AIM OF THE EXERCISE: Search the listing for the word "records" and copy every line where it turns up.

EXTRACTED ENTRIES:
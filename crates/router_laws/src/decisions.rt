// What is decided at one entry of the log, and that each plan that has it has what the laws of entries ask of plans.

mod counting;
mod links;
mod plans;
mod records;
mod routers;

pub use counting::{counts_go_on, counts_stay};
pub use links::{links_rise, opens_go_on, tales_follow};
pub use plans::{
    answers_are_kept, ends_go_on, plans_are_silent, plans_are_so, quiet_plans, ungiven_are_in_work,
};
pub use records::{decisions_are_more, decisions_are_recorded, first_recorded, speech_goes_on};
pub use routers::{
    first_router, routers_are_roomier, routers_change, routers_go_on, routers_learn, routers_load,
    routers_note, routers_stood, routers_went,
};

THE COMPLETED TASK:
mod records;
pub use records::{decisions_are_more, decisions_are_recorded, first_recorded, speech_goes_on};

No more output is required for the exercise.